What to work on: Taking the listing below, restate word for word each line from the line with "fn unsent(&self, from: usize, buffer: &mut" to the line with "O.failures sink.old <", ends included, and stop there.

Given records:
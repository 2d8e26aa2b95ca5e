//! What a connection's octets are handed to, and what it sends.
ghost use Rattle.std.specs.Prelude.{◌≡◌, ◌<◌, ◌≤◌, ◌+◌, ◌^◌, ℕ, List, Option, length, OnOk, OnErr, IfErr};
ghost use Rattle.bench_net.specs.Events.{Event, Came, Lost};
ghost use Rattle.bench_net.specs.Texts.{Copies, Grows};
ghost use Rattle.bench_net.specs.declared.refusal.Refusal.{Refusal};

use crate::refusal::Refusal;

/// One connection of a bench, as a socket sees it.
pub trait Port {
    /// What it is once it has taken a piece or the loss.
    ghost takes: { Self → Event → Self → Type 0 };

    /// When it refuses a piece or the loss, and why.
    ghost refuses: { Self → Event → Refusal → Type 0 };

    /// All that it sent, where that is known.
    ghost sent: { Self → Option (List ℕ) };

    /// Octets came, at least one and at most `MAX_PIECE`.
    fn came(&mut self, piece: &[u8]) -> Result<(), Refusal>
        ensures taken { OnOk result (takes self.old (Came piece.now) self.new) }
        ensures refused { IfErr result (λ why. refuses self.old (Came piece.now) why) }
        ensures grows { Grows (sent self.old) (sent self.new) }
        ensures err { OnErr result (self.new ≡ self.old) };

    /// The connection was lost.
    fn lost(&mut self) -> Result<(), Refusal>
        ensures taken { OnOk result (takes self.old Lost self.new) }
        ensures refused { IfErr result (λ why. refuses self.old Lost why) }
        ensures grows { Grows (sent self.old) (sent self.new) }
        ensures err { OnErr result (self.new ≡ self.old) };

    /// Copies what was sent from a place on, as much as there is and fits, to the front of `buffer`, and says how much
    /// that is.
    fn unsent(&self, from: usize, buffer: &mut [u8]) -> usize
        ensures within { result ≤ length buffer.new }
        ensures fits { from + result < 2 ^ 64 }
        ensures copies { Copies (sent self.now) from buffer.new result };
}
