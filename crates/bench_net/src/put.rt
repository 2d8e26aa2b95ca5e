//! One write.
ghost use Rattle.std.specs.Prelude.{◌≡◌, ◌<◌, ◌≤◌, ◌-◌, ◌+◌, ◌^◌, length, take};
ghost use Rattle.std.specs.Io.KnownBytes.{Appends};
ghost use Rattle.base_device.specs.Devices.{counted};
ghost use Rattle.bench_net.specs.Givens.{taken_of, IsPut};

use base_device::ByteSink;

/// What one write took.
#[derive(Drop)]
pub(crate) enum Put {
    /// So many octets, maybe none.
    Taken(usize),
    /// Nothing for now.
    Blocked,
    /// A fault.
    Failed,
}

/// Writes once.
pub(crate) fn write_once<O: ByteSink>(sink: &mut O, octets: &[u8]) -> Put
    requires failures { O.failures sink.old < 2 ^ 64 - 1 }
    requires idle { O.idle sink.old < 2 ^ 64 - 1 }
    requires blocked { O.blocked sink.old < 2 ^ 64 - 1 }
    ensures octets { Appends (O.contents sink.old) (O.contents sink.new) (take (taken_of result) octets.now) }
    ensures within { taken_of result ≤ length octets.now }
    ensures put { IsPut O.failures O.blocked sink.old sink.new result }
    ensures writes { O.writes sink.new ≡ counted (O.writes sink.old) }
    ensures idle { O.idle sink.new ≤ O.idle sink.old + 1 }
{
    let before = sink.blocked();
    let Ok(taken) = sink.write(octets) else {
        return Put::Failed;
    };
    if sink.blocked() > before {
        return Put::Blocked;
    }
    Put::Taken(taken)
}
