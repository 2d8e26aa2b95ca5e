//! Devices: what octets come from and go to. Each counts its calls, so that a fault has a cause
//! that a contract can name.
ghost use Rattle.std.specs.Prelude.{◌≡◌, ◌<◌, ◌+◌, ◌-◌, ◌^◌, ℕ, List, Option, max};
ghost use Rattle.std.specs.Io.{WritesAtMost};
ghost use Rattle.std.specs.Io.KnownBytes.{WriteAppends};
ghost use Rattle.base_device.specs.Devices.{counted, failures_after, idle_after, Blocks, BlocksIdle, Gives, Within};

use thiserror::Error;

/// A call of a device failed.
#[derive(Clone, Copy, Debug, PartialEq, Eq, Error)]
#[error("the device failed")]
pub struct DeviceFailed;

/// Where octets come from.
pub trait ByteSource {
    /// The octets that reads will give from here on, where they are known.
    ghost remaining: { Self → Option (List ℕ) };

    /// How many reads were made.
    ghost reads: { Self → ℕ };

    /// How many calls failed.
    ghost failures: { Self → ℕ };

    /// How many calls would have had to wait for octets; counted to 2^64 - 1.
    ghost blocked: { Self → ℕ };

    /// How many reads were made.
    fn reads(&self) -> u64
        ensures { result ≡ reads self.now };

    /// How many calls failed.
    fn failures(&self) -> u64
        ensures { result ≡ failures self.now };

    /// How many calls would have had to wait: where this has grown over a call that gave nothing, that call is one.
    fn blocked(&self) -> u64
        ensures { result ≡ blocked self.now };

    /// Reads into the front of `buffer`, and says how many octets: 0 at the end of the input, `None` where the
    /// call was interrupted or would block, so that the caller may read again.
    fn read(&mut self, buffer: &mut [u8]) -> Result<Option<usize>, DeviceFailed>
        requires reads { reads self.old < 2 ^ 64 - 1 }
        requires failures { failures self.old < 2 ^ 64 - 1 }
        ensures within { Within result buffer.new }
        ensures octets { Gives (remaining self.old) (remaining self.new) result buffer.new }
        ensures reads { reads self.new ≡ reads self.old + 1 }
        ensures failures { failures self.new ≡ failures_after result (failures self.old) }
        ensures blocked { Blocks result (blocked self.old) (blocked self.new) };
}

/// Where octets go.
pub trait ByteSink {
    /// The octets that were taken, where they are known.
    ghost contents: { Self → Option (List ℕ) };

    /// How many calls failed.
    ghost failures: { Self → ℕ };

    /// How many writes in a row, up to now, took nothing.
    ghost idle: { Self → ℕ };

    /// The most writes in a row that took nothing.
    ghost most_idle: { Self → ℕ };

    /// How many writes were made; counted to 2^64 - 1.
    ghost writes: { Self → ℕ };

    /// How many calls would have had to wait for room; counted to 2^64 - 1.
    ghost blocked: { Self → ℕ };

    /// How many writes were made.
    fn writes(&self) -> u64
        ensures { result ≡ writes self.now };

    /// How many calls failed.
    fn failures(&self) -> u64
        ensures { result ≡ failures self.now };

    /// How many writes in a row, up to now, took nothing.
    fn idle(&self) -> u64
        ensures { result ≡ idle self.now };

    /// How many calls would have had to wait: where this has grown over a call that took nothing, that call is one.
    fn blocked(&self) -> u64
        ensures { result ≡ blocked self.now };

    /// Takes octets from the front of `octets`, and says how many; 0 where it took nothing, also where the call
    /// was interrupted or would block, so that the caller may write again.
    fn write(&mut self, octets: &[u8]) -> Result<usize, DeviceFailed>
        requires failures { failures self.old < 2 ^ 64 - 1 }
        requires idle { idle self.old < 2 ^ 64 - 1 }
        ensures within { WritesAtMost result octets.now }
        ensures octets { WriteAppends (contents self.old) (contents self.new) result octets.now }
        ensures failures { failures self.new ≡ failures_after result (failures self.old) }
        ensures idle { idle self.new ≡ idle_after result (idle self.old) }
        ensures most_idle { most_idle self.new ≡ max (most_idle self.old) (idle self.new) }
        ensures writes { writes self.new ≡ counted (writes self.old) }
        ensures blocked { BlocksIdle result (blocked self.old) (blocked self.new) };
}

* * *

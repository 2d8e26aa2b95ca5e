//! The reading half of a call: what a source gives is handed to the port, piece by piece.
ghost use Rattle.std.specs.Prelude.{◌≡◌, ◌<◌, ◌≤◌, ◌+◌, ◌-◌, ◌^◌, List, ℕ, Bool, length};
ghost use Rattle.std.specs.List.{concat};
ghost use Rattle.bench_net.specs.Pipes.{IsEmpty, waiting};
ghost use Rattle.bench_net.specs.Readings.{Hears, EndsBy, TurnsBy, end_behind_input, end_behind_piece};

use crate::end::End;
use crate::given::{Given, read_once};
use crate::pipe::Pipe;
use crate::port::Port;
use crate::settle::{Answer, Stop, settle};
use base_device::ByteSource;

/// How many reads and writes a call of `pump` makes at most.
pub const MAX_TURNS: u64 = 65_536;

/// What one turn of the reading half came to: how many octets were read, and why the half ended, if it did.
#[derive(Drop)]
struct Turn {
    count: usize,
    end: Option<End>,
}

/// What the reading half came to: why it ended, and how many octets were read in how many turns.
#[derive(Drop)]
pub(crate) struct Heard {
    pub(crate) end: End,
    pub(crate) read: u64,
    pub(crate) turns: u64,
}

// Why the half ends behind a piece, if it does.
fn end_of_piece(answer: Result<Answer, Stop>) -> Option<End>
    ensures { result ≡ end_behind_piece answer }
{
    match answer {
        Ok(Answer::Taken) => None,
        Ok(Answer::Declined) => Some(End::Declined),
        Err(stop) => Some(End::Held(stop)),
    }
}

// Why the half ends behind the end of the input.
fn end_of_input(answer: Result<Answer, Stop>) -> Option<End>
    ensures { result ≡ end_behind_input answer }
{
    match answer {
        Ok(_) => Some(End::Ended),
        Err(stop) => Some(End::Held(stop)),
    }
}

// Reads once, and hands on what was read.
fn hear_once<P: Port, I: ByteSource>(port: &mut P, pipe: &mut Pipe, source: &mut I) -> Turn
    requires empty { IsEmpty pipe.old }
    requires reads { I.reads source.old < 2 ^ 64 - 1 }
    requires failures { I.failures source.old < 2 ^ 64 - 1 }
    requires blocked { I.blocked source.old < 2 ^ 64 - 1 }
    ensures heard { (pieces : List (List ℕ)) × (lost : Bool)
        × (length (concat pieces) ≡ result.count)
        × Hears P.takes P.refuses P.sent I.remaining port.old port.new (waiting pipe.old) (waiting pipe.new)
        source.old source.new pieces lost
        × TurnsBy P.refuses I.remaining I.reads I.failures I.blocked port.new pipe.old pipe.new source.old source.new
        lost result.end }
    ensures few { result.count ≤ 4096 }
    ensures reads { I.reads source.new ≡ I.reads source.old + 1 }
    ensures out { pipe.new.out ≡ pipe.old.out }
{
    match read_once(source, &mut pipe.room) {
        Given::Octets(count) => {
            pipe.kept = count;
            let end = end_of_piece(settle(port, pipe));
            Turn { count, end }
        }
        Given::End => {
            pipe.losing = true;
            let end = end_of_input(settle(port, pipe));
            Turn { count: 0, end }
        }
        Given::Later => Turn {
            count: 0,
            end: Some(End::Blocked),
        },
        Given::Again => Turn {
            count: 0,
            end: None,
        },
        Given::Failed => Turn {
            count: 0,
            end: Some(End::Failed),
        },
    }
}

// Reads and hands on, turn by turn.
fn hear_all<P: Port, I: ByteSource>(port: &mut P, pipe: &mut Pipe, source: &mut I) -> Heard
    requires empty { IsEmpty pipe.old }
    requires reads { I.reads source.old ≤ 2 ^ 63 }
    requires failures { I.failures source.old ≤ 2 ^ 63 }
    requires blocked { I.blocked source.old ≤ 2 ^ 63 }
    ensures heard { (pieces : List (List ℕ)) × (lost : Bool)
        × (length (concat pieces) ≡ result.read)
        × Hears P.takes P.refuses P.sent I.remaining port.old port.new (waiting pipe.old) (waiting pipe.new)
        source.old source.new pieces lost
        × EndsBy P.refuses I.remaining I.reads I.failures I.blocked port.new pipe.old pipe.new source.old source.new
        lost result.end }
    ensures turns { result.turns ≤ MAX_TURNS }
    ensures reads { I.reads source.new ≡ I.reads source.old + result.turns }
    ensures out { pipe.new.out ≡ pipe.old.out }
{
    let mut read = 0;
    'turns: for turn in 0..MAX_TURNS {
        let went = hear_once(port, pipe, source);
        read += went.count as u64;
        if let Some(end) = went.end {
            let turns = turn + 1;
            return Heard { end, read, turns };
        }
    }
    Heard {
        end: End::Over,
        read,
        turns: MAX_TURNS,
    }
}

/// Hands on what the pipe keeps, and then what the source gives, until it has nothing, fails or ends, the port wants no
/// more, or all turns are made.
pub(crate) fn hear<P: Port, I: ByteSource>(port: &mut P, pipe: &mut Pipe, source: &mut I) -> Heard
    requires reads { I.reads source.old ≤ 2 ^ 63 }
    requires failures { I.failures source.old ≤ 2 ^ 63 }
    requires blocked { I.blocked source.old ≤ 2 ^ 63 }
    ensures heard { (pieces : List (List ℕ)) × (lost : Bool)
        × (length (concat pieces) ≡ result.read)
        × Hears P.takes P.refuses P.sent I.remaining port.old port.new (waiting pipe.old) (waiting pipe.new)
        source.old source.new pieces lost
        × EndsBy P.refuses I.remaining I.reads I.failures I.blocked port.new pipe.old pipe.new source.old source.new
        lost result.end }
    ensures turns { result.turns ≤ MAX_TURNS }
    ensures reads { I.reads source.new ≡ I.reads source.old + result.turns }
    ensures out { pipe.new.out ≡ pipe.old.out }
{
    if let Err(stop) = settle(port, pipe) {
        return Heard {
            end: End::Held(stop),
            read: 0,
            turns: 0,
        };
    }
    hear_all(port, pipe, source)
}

Response:
    fn unsent(&self, from: usize, buffer: &mut [u8]) -> usize
        ensures within { result ≤ length buffer.new }
        ensures fits { from + result < 2 ^ 64 }
        ensures copies { Copies (sent self.now) from buffer.new result };
}
filename crates/bench_net/src/put.rt
repository 2d8e26aa2b95ca5e
//! One write.
ghost use Rattle.std.specs.Prelude.{◌≡◌, ◌<◌, ◌≤◌, ◌-◌, ◌+◌, ◌^◌, length, take};
ghost use Rattle.std.specs.Io.KnownBytes.{Appends};
ghost use Rattle.base_device.specs.Devices.{counted};
ghost use Rattle.bench_net.specs.Givens.{taken_of, IsPut};

use base_device::ByteSink;

/// What one write took.
#[derive(Drop)]
pub(crate) enum Put {
    /// So many octets, maybe none.
    Taken(usize),
    /// Nothing for now.
    Blocked,
    /// A fault.
    Failed,
}

/// Writes once.
pub(crate) fn write_once<O: ByteSink>(sink: &mut O, octets: &[u8]) -> Put
    requires failures { O.failures sink.old < 2 ^ 64 - 1 }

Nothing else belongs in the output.